Responsibilities
- Architect and lead delivery of cross-product GenAI platform capabilities: LLM Proxy, model registry integrations, vendor abstraction, and cost/usage attribution.
- Own the design and scaling of evaluation and benchmarking frameworks (A/B, offline, continuous regression tests) used to gate model releases.
- Define company-wide standards for safety, tone, and reasoning evaluation; drive adoption of evaluation rubrics and automated checks.
- Identify systemic failure modes across products and model families; prioritize mitigations, monitoring, and retraining strategies in partnership with ML teams.
- Drive platform reliability, observability, and capacity planning for LLM services; implement rate limiting, throttling, and SLA practices.
- Lead efforts to enable agentic workflows and safe tool use, defining integration patterns and security boundaries.
- Partner with engineering leadership, product, research, and legal/policy teams to translate risk, cost, and quality tradeoffs into platform design decisions.

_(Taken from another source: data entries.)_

//! Explores what a policy and a script can come to: plays every interleaving within a bound of delays, and tells which outcomes there
//! are, how many histories have each, and a schedule that plays it.
//!
//! Which histories these are is a list (`delay_bounded`). The explorer walks through it: from the start it goes on without a delay
//! until nobody is able to step; then it takes back turns up to the last one that can be delayed once more, plays what comes before
//! it anew, and goes on from there (`walk.rt`, `walker.rt`). It keeps the turns of one history, and what is told of all; so its memory
//! doesn't grow with the number of histories, but with that of their outcomes.
//!
//! Most histories come to the same state as another one of the same length, and go on as it does: the tables of the kernel, what workers
//! were told in the sessions that they have in hand, and what came of the calls so far are the same (`Run::key`). So the levels of states
//! are gone through first (`by_states.rt`, `level.rt`): a state has the first of the histories that were joined to it, and how many
//! of them have each number of delays (`state.rt`); what they come to is gathered where nobody is able to step (`ends.rt`). Which history
//! is the first is told by the delays that are left after each turn (`order.rt`). Only where there are too many states the walks
//! are gone through one by one (`one_by_one.rt`).
//!
//! An outcome is what a history comes to (`outcome_text`). It is kept with its count and the schedule of its first history
//! (`found.rt`, `schedule.rt`), and the definition of what is told computes (`specs/Tallies.antt`). On which node a worker made a mount
//! or set an attribute is noted as it does (`marks.rt`), and at the end of the history the tree tells which of these a later effect
//! took from sight.
//!
//! The walks come in the order of the places where they delay, and the list has those with the fewest delays first. So what is told is
//! kept for each number of delays, and put together in the end (`by_delays.rt`, `one_walk.rt`). Where there are too many events to
//! explore them all, each number of delays is a pass of its own (`passes.rt`).
//!
//! Its model is the machine's history, and the walks that are left (`specs/Walking.antt`). Below stand the machine of a kernel and
//! its workers (`broker_machine`), the definitions of `delay_bounded`, and the text of outcomes (`outcome_text`). Above stands
//! `broker_app`, whose words `explore` print what is found.
#![tactic(auto)]

mod by_delays;
mod by_states;
mod ends;
mod exploring;
mod found;
mod frames;
mod hands;
pub mod laws;
mod level;
mod marks;
mod one_by_one;
mod one_walk;
mod order;
mod passes;
mod run;
mod schedule;
mod session_key;
mod state;
mod tally;
mod walk;
mod walker;

pub use exploring::{Exploration, Outcome, explore};
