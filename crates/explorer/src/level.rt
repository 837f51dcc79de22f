//! The states to which histories of one length lead, found by their keys.

ghost use Rattle.std.specs.Prelude.{◌≡◌, ◌<◌, [], ℕ, List, length, get_or, IfSome, OnOk};
ghost use Rattle.explorer.specs.Joining.{JoinsIn, keys_in};

use crate::frames::Frame;
use crate::state::{Bound, State};
use std::alloc::Global;
use std::collections::HashMap;
use sys_abi::memory::NoMemory;

/// The states, each with its key, and the place of the newest one whose key has a digest.
///
/// Two keys may have one digest. So a state that is found by it counts only where its key is the one that was looked for; where another
/// one stands in its way, the histories are joined to a state more than is needed.
#[derive(Drop)]
pub(crate) struct Level {
    states: Vec<State>,
    keys: Vec<Vec<u8>>,
    places: HashMap<u64, usize>,
}

/// The digest of a key (FNV-1a).
fn digest_of(key: &[u8]) -> u64 {
    let mut digest: u64 = 0xcbf2_9ce4_8422_2325;
    for byte in key {
        digest = (digest ^ u64::from(*byte)).wrapping_mul(0x0100_0000_01b3);
    }
    digest
}

impl Level {
    /// No state.
    pub(crate) fn none(alloc: Global) -> Level
        ensures states { result.states.items ≡ [] }
        ensures keys { result.keys.items ≡ [] }
    {
        Level {
            states: Vec::new(alloc),
            keys: Vec::new(alloc),
            places: HashMap::new(alloc),
        }
    }

    /// The place of a state with this key, if one is found.
    fn place_of(&self, digest: u64, key: &[u8]) -> Option<usize>
        requires { length self.now.keys.items ≡ length self.now.states.items }
        ensures { IfSome result (λ place. (place < length self.now.states.items) × ((k : List ℕ) → get_or (keys_in self.now) place k ≡ key.now)) }
    {
        let place = *self.places.get(&digest)?;
        if place < self.keys.len() && self.keys[place].as_slice() == key {
            Some(place)
        } else {
            None
        }
    }

    /// Joins the histories of a state that lead by a turn to the state with this key, after so many delays more.
    pub(crate) fn join(
        &mut self,
        alloc: Global,
        mut key: Vec<u8>,
        from: &State,
        frame: Frame,
        delays: u64,
        bound: Bound,
    ) -> Result<(), NoMemory>
        requires one_each { length self.old.keys.items ≡ length self.old.states.items }
        ensures { OnOk result (JoinsIn bound delays frame from.now key.items self.old self.new) }
    {
        let digest = digest_of(key.as_slice());
        if let Some(place) = self.place_of(digest, key.as_slice()) {
            self.states[place].join(alloc, from, frame, delays, bound)?;
            return Ok(());
        }
        self.places.insert(digest, self.states.len())?;
        let state = State::after_turn(alloc, from, frame, delays, bound)?;
        self.states.push(state)?;
        // (a key is written with room for more, and there are as many keys as states)
        key.shrink_to_fit();
        self.keys.push(key)?;
        Ok(())
    }

    /// The states.
    pub(crate) fn into_states(self) -> Vec<State>
        ensures { result.items ≡ self.states.items }
    {
        let Level {
            states,
            keys: _keys,
            places: _places,
        } = self;
        states
    }
}
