//! The walk of a path over a container's tree (path_resolution(7)), and the requests that go by it.
//!
//! `resolve` answers where a path leads exactly as `hist_model`'s definition says, and `perform_request` does what a request does to the tree.
//! A walk takes no memory: a link's target is walked by itself, and then the rest of the path; a `Walk` keeps the room for the
//! one name that it may leave.
//! Below stand `sys_abi`, `hist_model` and `mount_tree`; the kernel above opens, makes, mounts and sets by these two calls.
#![tactic(auto)]

mod components;
pub mod effects;
pub mod places;
pub mod resolution;
mod turns;
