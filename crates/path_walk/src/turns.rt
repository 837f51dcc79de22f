//! What one component of a path says.

ghost use Rattle.std.specs.Prelude.{◌≡◌, ◌≤◌, length};
ghost use Rattle.hist_model.specs.Paths.{is_dot, is_dot_dot, looked_up, named, stepped, turn, creates};
ghost use Rattle.hist_model.specs.Trees.{entry};
ghost use Rattle.path_walk.specs.Places.{last_of};
ghost use Rattle.path_walk.specs.Turns.{turn_of, ending_of, IsShort, IsShortTurn};

use crate::places::{Last, WalkError};
use hist_model::request::{Node, NodeRef};
use mount_tree::tree::Tree;

/// How a walk ends before its components do.
#[derive(Debug, Drop)]
pub enum Ending<'a> {
    /// At the name of a new node.
    Named { dir: NodeRef, name: &'a [u8] },
    Failed(WalkError),
}

/// What one component says.
#[derive(Debug, Drop)]
pub enum Turn<'a> {
    Ends(Ending<'a>),
    /// The walk goes on from this node.
    Goes(NodeRef),
    /// The entry is a link with this target.
    Follows(&'a [u8]),
}

/// Whether the last component is the name of a new node.
pub fn creates(last: Last) -> bool
    ensures { result ≡ creates (last_of last) }
{
    matches!(last, Last::Create)
}

/// The component `.`, the directory itself.
fn is_dot(component: &[u8]) -> bool
    ensures { result ≡ is_dot component.now }
{
    component == b".".as_slice()
}

/// The component `..`, the directory above.
fn is_dot_dot(component: &[u8]) -> bool
    ensures { result ≡ is_dot_dot component.now }
{
    component == b"..".as_slice()
}

/// A component that names an entry.
fn looked_up<'a>(tree: &'a Tree, dir: NodeRef, name: &[u8]) -> Turn<'a>
    ensures turn { turn_of result ≡ looked_up tree.now.tree (entry tree.now.tree dir.ordinal name.now) }
    ensures short { IsShortTurn result }
{
    let Some(found) = tree.entry(dir, name) else {
        return Turn::Ends(Ending::Failed(WalkError::NoEntry));
    };
    match tree.node(found) {
        Node::Link(target) => Turn::Follows(target.items()),
        _ => Turn::Goes(tree.top(found)),
    }
}

/// A component that isn't the name of a new node.
fn stepped<'a>(tree: &'a Tree, root: NodeRef, n: NodeRef, component: &[u8]) -> Turn<'a>
    ensures turn { turn_of result ≡ stepped tree.now.tree root.ordinal n.ordinal component.now }
    ensures short { IsShortTurn result }
{
    if is_dot(component) {
        Turn::Goes(n)
    } else if is_dot_dot(component) {
        Turn::Goes(tree.up(root, n))
    } else {
        looked_up(tree, n, component)
    }
}

/// The name of a new node, of at most 255 bytes.
fn named(dir: NodeRef, name: &[u8]) -> Ending<'_>
    requires { length name.now ≤ 255 }
    ensures ending { ending_of result ≡ named dir.ordinal name.now }
    ensures short { IsShort result }
{
    if is_dot(name) || is_dot_dot(name) {
        Ending::Failed(WalkError::Exists)
    } else {
        Ending::Named { dir, name }
    }
}

/// One component at a node; `names` where it is the name of a new node.
pub fn take_component<'a>(
    tree: &'a Tree,
    root: NodeRef,
    names: bool,
    n: NodeRef,
    component: &'a [u8],
) -> Turn<'a>
    ensures turn { turn_of result ≡ turn tree.now.tree root.ordinal names n.ordinal component.now }
    ensures short { IsShortTurn result }
{
    if !tree.is_dir(n) {
        Turn::Ends(Ending::Failed(WalkError::NotDir))
    } else if component.len() > 255 {
        Turn::Ends(Ending::Failed(WalkError::NameTooLong))
    } else if names {
        Turn::Ends(named(n, component))
    } else {
        stepped(tree, root, n, component)
    }
}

- Mentor senior engineers, coordinate cross-team roadmaps, and represent the platform in technical forums.
Requirements
- BS in Computer Science, Engineering, or related field, or equivalent practical experience.
- 8+ years industry experience in backend, platform, or ML infrastructure engineering with major production responsibilities.
- Demonstrable experience with cloud-native infrastructure (Kubernetes, AWS/GCP/Azure) and production ML/LLM systems.
- Strong track record of building evaluation and monitoring for ML systems.
Nice to Have
- Experience building model registries, feature stores, or inference platforms at scale.
- Background in agentic AI frameworks, workflow orchestration, or tool-using models.
- Prior experience influencing company-wide ML safety, trust, or quality frameworks.
- Advanced degree (MS/PhD) in ML/NLP or related field and/or published research in relevant areas.